Ante esta situación, el representante de Montesión pedía que se tomasen medidas contra la Hermandad de Consolación, “ para que no pida limosna para la Cofradía de Nuestra Señora del Rosario ni en tiempo de Cuaresma y exhiban la licencia que tienen (...) para poder pedirla “. El Provisor conminó a los hermanos de Consolación a que se abstuviesen de pedir tales limosnas en nombre de una cofradía que no era la suya, ordenándoles que presentasen los permisos que tuviesen para ello junto con las Reglas por las que se gobernasen. Así lo hizo, en nombre de su Mayordomo, Fernando de Silva, quien presentó las Reglas solicitadas – aunque en la documentación no se recoge su texto ni su fecha de aprobación – , argumentando en su defensa la necesidad de tales limosnas para poder pagar un vestido que se había confeccionado a su Titular, finalidad para la que insistía en solicitar el oportuno permiso.

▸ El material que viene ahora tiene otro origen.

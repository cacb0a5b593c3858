//! Templates from their text to the rendered text.
use crate::shown::{all_give, faults};
use ha_sight::Env;
use state_table::StateTable;
use std::alloc::Global;

/// Whether each text is a template that renders as the other text, where no entity has a state.
fn give(alloc: Global, rows: &[(&str, &str)]) -> bool {
    all_give(alloc, &StateTable::make(alloc), &Env::none(alloc), rows)
}

/// Whether each text is a template whose meaning is a fault there.
fn fault(alloc: Global, texts: &[&str]) -> bool {
    let states = StateTable::make(alloc);
    for text in texts {
        if !faults(alloc, &states, &Env::none(alloc), text.as_bytes()) {
            return false;
        }
    }
    true
}

#[test]
fn arithmetic_is_rendered(rt: HostRuntime) {
    let alloc = rt.alloc();
    assert!(rt;
        give(
            alloc,
            &[
                ("{{ -7 // 2 }}", "-4"),
                ("{{ 7 // -2 }}", "-4"),
                ("{{ -7 % 3 }}", "2"),
                ("{{ 7 / 2 }}", "3.5"),
                ("{{ 10 / 3 }}", "3.333333"),
                ("{{ 6 / 2 }}", "3.0"),
            ]
        ) && fault(
            alloc,
            &["{{ 1000000000000 + 1 }}", "{{ 1 // 0 }}", "{{ 7 / 0 }}",]
        )
    );
}

#[test]
fn filters_are_rendered(rt: HostRuntime) {
    let alloc = rt.alloc();
    assert!(rt;
        give(
            alloc,
            &[
                ("{{ 2.5|round }}", "2"),
                ("{{ -7|abs }}", "7"),
                ("{{ states('sensor.no')|int(0) }}", "0"),
            ]
        ) && fault(alloc, &["{{ states('sensor.no')|int }}"])
    );
}

#[test]
fn each_filter_once(rt: HostRuntime) {
    assert!(rt;
        give(
            rt.alloc(),
            &[
                ("{{ '-2.7'|int }}", "-2"),
                ("{{ ' 3 '|float }}", "3.0"),
                ("{{ 2.345|round(1) }}", "2.3"),
                ("{{ -7.5|abs }}", "7.5"),
                ("{{ 'On'|lower }}", "on"),
                ("{{ 'On'|upper }}", "ON"),
                ("{{ '[' ~ ' a '|trim ~ ']' }}", "[a]"),
                ("{{ 'Tür'|length }}", "3"),
                ("{{ missing|default(1) }}", "1"),
                ("{{ [1, 2]|first }}", "1"),
                ("{{ [1, 2]|last }}", "2"),
                ("{{ 'aaa'|replace('aa', 'b') }}", "ba"),
                ("{{ 3.50|string }}", "3.5"),
                ("{{ '1e3'|is_number }}", "False"),
            ]
        )
    );
}

#[test]
fn each_function_of_values_once(rt: HostRuntime) {
    assert!(rt;
        give(
            rt.alloc(),
            &[
                ("{{ int('no', 0) }}", "0"),
                ("{{ float('1.5') }}", "1.5"),
                ("{{ min(2, 1.5) }}", "1.5"),
                ("{{ max([1, 2.5]) }}", "2.5"),
                ("{{ iif(true, 'yes', 'no') }}", "yes"),
                ("{{ is_number(3) }}", "True"),
            ]
        )
    );
}

#[test]
fn what_does_not_decide_is_not_computed(rt: HostRuntime) {
    let alloc = rt.alloc();
    assert!(rt;
        give(
            alloc,
            &[
                ("{{ true or 1 // 0 }}", "True"),
                ("{{ 0 and 1 // 0 }}", "0"),
                ("{{ 1 if true else 1 // 0 }}", "1"),
            ]
        ) && fault(alloc, &["{{ true and 1 // 0 }}"])
    );
}

#[test]
fn tags_are_rendered(rt: HostRuntime) {
    assert!(rt;
        give(
            rt.alloc(),
            &[
                ("{% if true %}{% set a = 1 %}{% endif %}{{ a }}", "1"),
                ("a {{- 'b' -}} c {# d #}", "abc"),
                ("{{ [1, 2, 3][-1] ~ 'x' }}", "3x"),
            ]
        )
    );
}

#[test]
fn a_name_that_is_set_again_has_its_last_value(rt: HostRuntime) {
    assert!(rt;
        give(
            rt.alloc(),
            &[
                (
                    "{% set m = 1 %}{% set m = m + 1 %}{% set m = m * 5 %}{{ m }}",
                    "10"
                ),
                (
                    "{% set m = 1 %}{% set n = 5 %}{% set m = 2 %}{{ m }} {{ n }}",
                    "2 5"
                ),
                (
                    "{% set m = 1 %}{% if m == 1 %}{% set m = 2 %}{% endif %}{{ m }}",
                    "2"
                ),
                (
                    "{% set m = 1 %}{% if false %}{% set m = 2 %}{% else %}{% set m = m + 6 %}{% set n = m %}{% endif %}{{ m }} {{ n }}",
                    "7 7"
                ),
            ]
        )
    );
}
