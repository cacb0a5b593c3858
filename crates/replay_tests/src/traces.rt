//! Traces that are replayed: a finished one, and those that depart from every trace at some line.
use crate::judged::{
    Wanted, are_fronts_refused, are_fronts_told, gives, is_each_byte_told, is_given,
};
use std::alloc::{AllocError, Global};

pub(crate) const BOOT: &str =
    "{\"boot\":{\"config\":\"[]\\n\",\"stored\":null,\"start\":\"2024-05-01T20:00:00.000Z\",\"zone\":\"UTC\"}}\n";

pub(crate) const FIRST: &str =
    "{\"source\":0,\"number\":0,\"cmd\":{\"moment\":\"2024-05-01T20:00:01.000Z\"}}\n";

pub(crate) const SECOND: &str =
    "{\"source\":0,\"number\":1,\"cmd\":{\"moment\":\"2024-05-01T20:00:01.000Z\"}}\n";

/// A home that notifies, waits a second and notifies again, up to its last step.
pub(crate) const HOME: &str =
    "{\"boot\":{\"config\":\"- alias: a\\n  triggers:\\n    - trigger: event\\n      event_type: go\\n  actions:\\n    - action: notify.x\\n    - delay: 1\\n    - action: notify.y\\n\",\"stored\":null,\"start\":\"2024-05-01T20:00:00.000Z\",\"zone\":\"UTC\"}}\n{\"source\":0,\"number\":0,\"cmd\":{\"event\":\"go\",\"data\":{}}}\n";

pub(crate) const STEPS: &str =
    "{\"worker\":0,\"run\":1,\"branch\":[],\"item\":{\"call\":{\"service\":\"notify.x\",\"target\":[],\"data\":{}}}}\n{\"worker\":0,\"run\":1,\"branch\":[],\"item\":{\"nothing\":true}}\n";

const LATER: &str =
    "{\"source\":1,\"number\":0,\"cmd\":{\"moment\":\"2024-05-01T20:00:01.000Z\"}}\n{\"source\":0,\"number\":1,\"cmd\":{\"refused\":\"L2\"}}\n";

const LAST: &str =
    "{\"worker\":0,\"run\":1,\"branch\":[],\"item\":{\"nothing\":true}}\n{\"worker\":0,\"run\":1,\"branch\":[],\"item\":{\"call\":{\"service\":\"notify.y\",\"target\":[],\"data\":{}}}}\n{\"end\":8}\n";

const CALLS: &str =
    "{\"run\":\"a\",\"number\":1,\"call\":1,\"service\":\"notify.x\",\"target\":[],\"data\":{}}\n{\"run\":\"a\",\"number\":1,\"call\":2,\"service\":\"notify.y\",\"target\":[],\"data\":{}}\n";

#[test]
fn a_finished_trace(rt: HostRuntime) {
    assert!(rt; is_given(rt.alloc(), &[BOOT, FIRST, "{\"end\":2}\n"], (0, "", "")));
}

#[test]
fn a_wrong_number(rt: HostRuntime) {
    assert!(rt;
        is_given(
            rt.alloc(),
            &[BOOT, SECOND, "{\"end\":2}\n"],
            (11, "", "hearth: trace line 2: T\n")
        )
    );
}

#[test]
fn no_end_line(rt: HostRuntime) {
    assert!(rt;
        is_given(
            rt.alloc(),
            &[BOOT, FIRST],
            (11, "", "hearth: trace line 3: T\n")
        )
    );
}

#[test]
fn behind_the_end(rt: HostRuntime) {
    let wanted = (11, "", "hearth: trace line 4: T\n");
    assert!(rt;
        is_given(
            rt.alloc(),
            &[BOOT, FIRST, "{\"end\":2}\n", "{\"end\":2}\n"],
            wanted
        ) && is_given(rt.alloc(), &[BOOT, FIRST, "{\"end\":2}\n", "{"], wanted)
    );
}

#[test]
fn a_wrong_count(rt: HostRuntime) {
    assert!(rt;
        is_given(
            rt.alloc(),
            &[BOOT, FIRST, "{\"end\":3}\n"],
            (11, "", "hearth: trace line 3: T\n")
        )
    );
}

#[test]
fn the_read_fails(rt: HostRuntime) {
    assert!(rt;
        gives(
            rt.alloc(),
            &[BOOT, FIRST, "{\"end\":2}\n"],
            &[1],
            (4, "", "hearth: source 0 failed\n")
        )
        .unwrap_or(false)
    );
}

/// Whether a trace that begins with these lines, and goes on with one so long that two reads are taken, of which the second fails, is given
/// this.
fn gives_by_one_read(
    alloc: Global,
    begins: &[&str],
    wanted: Wanted<'_>,
) -> Result<bool, AllocError> {
    let mut parts = Vec::new(alloc);
    for part in begins {
        parts.push(*part)?;
    }
    for _ in 0..7_000u32 {
        parts.push("0123456789")?;
    }
    gives(alloc, parts.as_slice(), &[2], wanted)
}

/// A failed read is told only where the whole lines before it may stand so.
#[test]
fn what_was_read_before_a_failure_is_judged(rt: HostRuntime) {
    let call =
        "{\"run\":\"a\",\"number\":1,\"call\":1,\"service\":\"notify.x\",\"target\":[],\"data\":{}}\n";
    assert!(rt;
        gives_by_one_read(
            rt.alloc(),
            &[HOME, STEPS],
            (4, call, "hearth: source 0 failed\n")
        )
        .unwrap_or(false)
            && gives_by_one_read(
                rt.alloc(),
                &[BOOT, SECOND],
                (11, "", "hearth: trace line 2: T\n")
            )
            .unwrap_or(false)
    );
}

#[test]
fn a_home_is_replayed(rt: HostRuntime) {
    assert!(rt;
        is_given(
            rt.alloc(),
            &[HOME, STEPS, LATER, LAST],
            (0, CALLS, "source 0 line 1: L2\n")
        )
    );
}

#[test]
fn each_front_is_refused_at_its_last_line(rt: HostRuntime) {
    let parts = [BOOT, FIRST, "{\"end\":2}\n"];
    assert!(rt; are_fronts_told(rt.alloc(), &parts).unwrap_or(false));
}

#[test]
fn each_front_is_refused(rt: HostRuntime) {
    assert!(rt; are_fronts_refused(rt.alloc(), &[HOME, STEPS, LATER, LAST]).unwrap_or(false));
}

#[test]
fn each_changed_byte_of_a_step_is_refused(rt: HostRuntime) {
    assert!(rt; is_each_byte_told(rt.alloc(), &[HOME], STEPS, &[LATER, LAST]).unwrap_or(false));
}

#[test]
fn each_changed_byte_of_the_last_lines_is_refused(rt: HostRuntime) {
    assert!(rt; is_each_byte_told(rt.alloc(), &[HOME, STEPS, LATER], LAST, &[]).unwrap_or(false));
}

Dos días más tarde el Provisor, que a la sazón lo era Don Cristóbal Mansilla, decretó una solución de compromiso entre ambas partes. Dos hermanos del Consuelo podrían pedir limosnas para sufragar el vestido de su imagen, pero sólo durante dos meses y absteniéndose de solicitarlas en nombre de Nuestra Señora del Rosario.



A pesar de su brevedad, el documento analizado es muy revelador, en definitiva, de la fuerte identificación de la Hermandad de Montesión con la advocación de Nuestra Señora del Rosario, manifestada como hemos visto en la denuncia que hizo de la indebida utilización de  este título mariano por parte de los hermanos de Consolación, episodio que viene a ilustrarnos sobre la conflictiva vida de nuestras hermandades en el complejo y difícil siglo XVII.












* Publicado en Boletín de la Hermandad de Montesión de Sevilla n º 59 (septiembre de 2001), pág. 11.



[1] ARCHIVO GENERAL DEL ARZOBISPADO DE SEVILLA, sección III (Justicia), serie Colegios, Conventos y Hospitales, legajo 2408: Montesión. Autos Ordinarios (1644).